Though Ethan didn’t say much, he had at least seemed to relax as the day wore on. Emilie worked all her charm, flirting with him shamelessly until the wall Ethan had built around himself had seemed to crack a little. By early evening he’d even loosened up enough to tease her and splash with her in the lake, which was virtually empty now that summer was drawing to a close and the tourists had all gone home. It almost felt like there was no one else but them in the whole world, and Emilie could still remember how relieved she’d felt to have finally gotten her Ethan, the real Ethan, back.
“Isn’t this fun?” she asked, briskly rubbing a towel over her newly formed curves. They were sitting on Aunt Olive’s private dock, Ethan watching her like a hawk from three feet away as she dried herself in the setting sun. “It’s just like old times.”

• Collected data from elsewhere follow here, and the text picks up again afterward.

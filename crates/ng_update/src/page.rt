ghost use Rattle.std.specs.Prelude.{◌≡◌, ◌++◌, [], IsTrue, OnOk};
ghost use Rattle.std.specs.List.{list_all};
ghost use Rattle.ng_ast.specs.declared.TNode.{out-TNode};
ghost use Rattle.ng_semantics.specs.Text.{look};
ghost use Rattle.ng_semantics.specs.Meaning.{named};
ghost use Rattle.ng_semantics.specs.Tree.{answer_text, pieces_text};
ghost use Rattle.ng_semantics.specs.Html.{escaped, escaped_byte, start_tag, end_tag};
ghost use Rattle.ng_semantics.specs.First.{is_first_piece, is_first_node, are_first_nodes};
ghost use Rattle.ng_update.specs.Fields.{world_of, names_in};
ghost use Rattle.ng_update.specs.Printed.{node_printed, printed, piece_printed};

use crate::fields::{Field, value_of};
use itoa::Buffer;
use ng_ast::{Expr, Piece, TNode};
use std::alloc::AllocError;

#[cycle(page)]
pub(crate) fn write_nodes(
    out: &mut Vec<u8>,
    depth: u32,
    nodes: &[TNode],
    fields: &[Field],
) -> Result<(), AllocError>
    requires { IsTrue (are_first_nodes (names_in fields.now) depth nodes.now) }
    ensures { OnOk result (out.new.items ≡ out.old.items ++ printed depth (world_of fields.now) nodes.now) }
{
    if depth == 0 {
        return Ok(());
    }
    for node in nodes {
        write_node(out, depth - 1, node, fields)?;
    }
    Ok(())
}

#[cycle(page)]
fn write_node(
    out: &mut Vec<u8>,
    depth: u32,
    node: &TNode,
    fields: &[Field],
) -> Result<(), AllocError>
    requires { IsTrue (is_first_node (names_in fields.now) (are_first_nodes (names_in fields.now) depth) (out-TNode node.now)) }
    ensures { OnOk result (out.new.items ≡ out.old.items ++ node_printed (printed depth (world_of fields.now)) (world_of fields.now) (out-TNode node.now)) }
{
    match node {
        TNode::Element(_, tag, _, inner) => {
            write_start(out, tag.as_str())?;
            write_nodes(out, depth, inner.as_slice(), fields)?;
            write_end(out, tag.as_str())
        }
        TNode::Text(_, pieces) => write_pieces(out, pieces.as_slice(), fields),
        _ => Ok(()),
    }
}

// The start tag of an element without attributes.
pub(crate) fn write_start(out: &mut Vec<u8>, tag: &str) -> Result<(), AllocError>
    ensures { OnOk result (out.new.items ≡ out.old.items ++ start_tag tag.now []) }
{
    out.push(b'<')?;
    out.extend_from_slice(tag.as_bytes())?;
    out.push(b'>')?;
    Ok(())
}

// The end tag of an element.
pub(crate) fn write_end(out: &mut Vec<u8>, tag: &str) -> Result<(), AllocError>
    ensures { OnOk result (out.new.items ≡ out.old.items ++ end_tag tag.now) }
{
    out.extend_from_slice(b"</")?;
    out.extend_from_slice(tag.as_bytes())?;
    out.push(b'>')?;
    Ok(())
}

fn write_pieces(out: &mut Vec<u8>, pieces: &[Piece], fields: &[Field]) -> Result<(), AllocError>
    requires { IsTrue (list_all (is_first_piece (names_in fields.now)) pieces.now) }
    ensures { OnOk result (out.new.items ≡ out.old.items ++ escaped (pieces_text (world_of fields.now) pieces.now)) }
{
    for piece in pieces {
        write_piece(out, piece, fields)?;
    }
    Ok(())
}

fn write_piece(out: &mut Vec<u8>, piece: &Piece, fields: &[Field]) -> Result<(), AllocError>
    requires { IsTrue (is_first_piece (names_in fields.now) piece.now) }
    ensures { OnOk result (out.new.items ≡ out.old.items ++ piece_printed (world_of fields.now) piece.now) }
{
    match piece {
        Piece::Text(text) => write_escaped(out, text.as_str().as_bytes()),
        Piece::Value(_, Expr::Name(_, name)) => write_field(out, name.as_str(), fields),
        _ => unreachable!(),
    }
}

// The digits of a field.
#[tactic(auto, using(ng_values::specs::TextLaws::texts))]
fn write_field(out: &mut Vec<u8>, name: &str, fields: &[Field]) -> Result<(), AllocError>
    ensures { OnOk result (out.new.items ≡ out.old.items ++ escaped (answer_text (named (look name.now (world_of fields.now))))) }
{
    match value_of(fields, name) {
        Some(value) => write_escaped(out, Buffer::new().format(value).as_bytes()),
        None => Ok(()),
    }
}

fn write_escaped(out: &mut Vec<u8>, text: &[u8]) -> Result<(), AllocError>
    ensures { OnOk result (out.new.items ≡ out.old.items ++ escaped text.now) }
{
    for byte in text {
        write_escaped_byte(out, *byte)?;
    }
    Ok(())
}

fn write_escaped_byte(out: &mut Vec<u8>, byte: u8) -> Result<(), AllocError>
    ensures { OnOk result (out.new.items ≡ out.old.items ++ escaped_byte byte) }
{
    match byte {
        b'&' => out.extend_from_slice(b"&amp;"),
        b'<' => out.extend_from_slice(b"&lt;"),
        b'>' => out.extend_from_slice(b"&gt;"),
        _ => Ok(out.push(byte)?),
    }
}
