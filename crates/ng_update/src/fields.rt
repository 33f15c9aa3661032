ghost use Rattle.std.specs.Prelude.{◌≡◌, IfOk, IsTrue, Some};
ghost use Rattle.std.specs.List.{list_all};
ghost use Rattle.std.specs.Option.{option_map};
ghost use Rattle.ng_semantics.specs.Text.{look, put_at};
ghost use Rattle.ng_semantics.specs.Declared.{initial_in, initial_fields};
ghost use Rattle.ng_semantics.specs.First.{is_whole, names_of};
ghost use Rattle.ng_update.specs.Fields.{entry, world_of, names_in};

use ng_ast::{Member, MemberKind};
use ng_values::{NgText, Value};
use std::alloc::{AllocError, Global};

// A field of the component and what it holds.
#[derive(Drop)]
pub(crate) struct Field {
    name: NgText,
    value: i64,
}

// The fields of a new instance, in the order of the file.
pub(crate) fn initial(alloc: Global, members: &[Member]) -> Result<Vec<Field>, AllocError>
    requires { IsTrue (list_all (λ m. is_whole m.kind) members.now) }
    ensures values { IfOk result (λ fields. world_of fields.items ≡ initial_fields members.now) }
    ensures names { IfOk result (λ fields. names_in fields.items ≡ names_of members.now) }
{
    let mut fields = Vec::new(alloc);
    for member in members {
        fields.push(initial_field(member)?)?;
    }
    Ok(fields)
}

fn initial_field(member: &Member) -> Result<Field, AllocError>
    requires { IsTrue (is_whole member.now.kind) }
    ensures value { IfOk result (λ field. initial_in member.now member.now.kind ≡ Some (entry field)) }
    ensures name { IfOk result (λ field. field.name ≡ member.now.name) }
{
    let name = member.name.copy()?;
    match &member.kind {
        MemberKind::Field(Value::Int(value)) => Ok(Field {
            name,
            value: *value,
        }),
        _ => unreachable!(),
    }
}

// What the field of a name holds. The search goes through the fields one by one.
pub(crate) fn value_of(fields: &[Field], name: &str) -> Option<i64>
    ensures { look name.now (world_of fields.now) ≡ option_map Value.Int result }
{
    for field in fields {
        if name == field.name.as_str() {
            return Some(field.value);
        }
    }
    None
}

// Puts a value into the field of a name. The search goes through the fields one by one.
pub(crate) fn put(fields: &mut [Field], name: &str, value: i64)
    ensures values { world_of fields.new ≡ put_at name.now (Value.Int value) (world_of fields.old) }
    ensures names { names_in fields.new ≡ names_in fields.old }
{
    for i in 0..fields.len() {
        if name == fields[i].name.as_str() {
            fields[i].value = value;
            return;
        }
    }
}
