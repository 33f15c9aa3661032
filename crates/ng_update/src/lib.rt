//! An engine for applications of the first form: one component whose fields are whole numbers, a template of elements
//! and texts, and clicks.
#![tactic(auto)]

mod click;
mod engine;
mod fields;
mod page;

pub use engine::{Delivered, FlatEngine};
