ghost use Rattle.std.specs.Prelude.{◌≡◌, ◌+ℤ◌, IsTrue, List, ◌∷◌, codes};
ghost use Rattle.std.specs.List.{list_all};
ghost use Rattle.std.specs.Option.{option_copied};
ghost use Rattle.ng_values.specs.Add.{number};
ghost use Rattle.ng_ast.specs.declared.Expr.{out-Expr};
ghost use Rattle.ng_ast.specs.declared.Stmt.{out-Stmt};
ghost use Rattle.ng_ast.specs.declared.TNode.{out-TNode};
ghost use Rattle.ng_semantics.specs.Text.{Text};
ghost use Rattle.ng_semantics.specs.Meaning.{mean};
ghost use Rattle.ng_semantics.specs.Template.{in_order, inside};
ghost use Rattle.ng_semantics.specs.Events.{listener_in, statement as effect, statements as effects};
ghost use Rattle.ng_semantics.specs.First.{is_first_value, is_first_statement, is_first_node, are_first_nodes};
ghost use Rattle.ng_update.specs.Fields.{world_of, names_in, answer_of, fault_in};
ghost use Rattle.ng_update.specs.Printed.{is_operand};
ghost use Rattle.ng_update.specs.Clicked.{attributes_at, attributes_among, click_in};

use crate::fields::{Field, put, value_of};
use ng_ast::{AttrForm, Expr, Stmt, TAttr, TNode};
use ng_values::{Fault, NgText, Value};

// The attributes of the first element of a tag, in document order.
#[cycle(attributes)]
pub(crate) fn attributes_of<'a>(nodes: &'a [TNode], depth: u32, tag: &str) -> Option<&'a [TAttr]>
    requires { (names : List Text) × IsTrue (are_first_nodes names depth nodes.now) }
    ensures { option_copied result ≡ attributes_among tag.now (in_order depth nodes.now) }
{
    if depth == 0 {
        return None;
    }
    for node in nodes {
        if let Some(attributes) = attributes_in(node, depth - 1, tag) {
            return Some(attributes);
        }
    }
    None
}

// The same in a node and the nodes inside it.
#[tactic(auto, using(crate::proofs::Nodes::in_order_nil))]
#[cycle(attributes)]
fn attributes_in<'a>(node: &'a TNode, depth: u32, tag: &str) -> Option<&'a [TAttr]>
    requires { (names : List Text) × IsTrue (is_first_node names (are_first_nodes names depth) (out-TNode node.now)) }
    ensures { option_copied result ≡ attributes_among tag.now (node.now ∷ in_order depth (inside (out-TNode node.now))) }
{
    match node {
        TNode::Element(_, name, attributes, inner) => {
            if tag == name.as_str() {
                Some(attributes.as_slice())
            } else {
                attributes_of(inner.as_slice(), depth, tag)
            }
        }
        TNode::Text(_, _) => None,
        TNode::If(_, _) | TNode::For(_, _, _, _) => None,
        TNode::Switch(_, _, _) | TNode::Let(_, _, _) => None,
    }
}

// The statements of the first listener for clicks.
pub(crate) fn click_listener(attributes: &[TAttr]) -> Option<&[Stmt]>
    ensures { option_copied result ≡ click_in attributes.now }
{
    for attribute in attributes {
        if let Some(statements) = click_statements(attribute) {
            return Some(statements);
        }
    }
    None
}

fn click_statements(attribute: &TAttr) -> Option<&[Stmt]>
    ensures { option_copied result ≡ listener_in (codes "click") attribute.now attribute.now.form }
{
    match &attribute.form {
        AttrForm::Listener(statements) => {
            if "click" == attribute.name.as_str() {
                Some(statements.as_slice())
            } else {
                None
            }
        }
        _ => None,
    }
}

// Runs statements one after another, up to the first fault. What was written before it stays.
pub(crate) fn run(statements: &[Stmt], fields: &mut [Field]) -> Result<(), Fault>
    requires { IsTrue (list_all (λ s. is_first_statement (names_in fields.old) (out-Stmt s)) statements.now) }
    ensures values { (fault_in result, world_of fields.new) ≡ effects statements.now (world_of fields.old) }
    ensures names { names_in fields.new ≡ names_in fields.old }
{
    for statement in statements {
        run_statement(statement, fields)?;
    }
    Ok(())
}

fn run_statement(statement: &Stmt, fields: &mut [Field]) -> Result<(), Fault>
    requires { IsTrue (is_first_statement (names_in fields.old) (out-Stmt statement.now)) }
    ensures values { (fault_in result, world_of fields.new) ≡ effect (world_of fields.old) (out-Stmt statement.now) }
    ensures names { names_in fields.new ≡ names_in fields.old }
{
    match statement {
        Stmt::Set(_, name, expr) => {
            let value = evaluate(expr, fields)?;
            put(fields, name.as_str(), value);
            Ok(())
        }
        _ => Ok(()),
    }
}

fn evaluate(expr: &Expr, fields: &[Field]) -> Result<i64, Fault>
    requires { IsTrue (is_first_value (names_in fields.now) (out-Expr expr.now)) }
    ensures { mean (world_of fields.now) expr.now ≡ answer_of result }
{
    match expr {
        Expr::Binary(_, _, a, b) => add(operand(a.get(), fields)?, operand(b.get(), fields)?),
        _ => operand(expr, fields),
    }
}

fn add(a: i64, b: i64) -> Result<i64, Fault>
    ensures { number (a +ℤ b) ≡ answer_of result }
{
    a.checked_add(b).ok_or(Fault::Overflow)
}

fn operand(expr: &Expr, fields: &[Field]) -> Result<i64, Fault>
    requires { IsTrue (is_operand (names_in fields.now) (out-Expr expr.now)) }
    ensures { mean (world_of fields.now) expr.now ≡ answer_of result }
{
    match expr {
        Expr::Literal(_, Value::Int(number)) => Ok(*number),
        Expr::Name(_, name) => value_of(fields, name.as_str()).ok_or(Fault::NoMember),
        _ => unreachable!(),
    }
}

He grunted in reply and abruptly stood up, turning his back on her to stare pensively at the lake. Emilie smiled at his restlessness and stood, tiptoeing quietly behind him to gently rest her head against the middle of his back. As if he had been burned, Ethan swung around with a panicked gleam in his eyes, grabbed her arm, and unexpectedly shoved her right into the lake. Emilie was so astonished by this sudden turn of events that she hit the lake with her mouth open and immediately swallowed a large amount of water. She sputtered and flailed her arms but failed to gain her purchase and quickly went under.
To his credit, the instant he realized that she was sinking instead of swimming, Ethan jumped into the lake to rescue her. She’d felt his arm around her waist just as she was starting to run out of breath, and he took them both back to the surface an instant later. Gasping for air, Emilie held on to him for dear life, too stunned to resent the fact that he had been the one to push her into the lake in the first place. His grip remained tight on her until he reached the edge of the dock and lifted her out of the water to help her climb the ladder.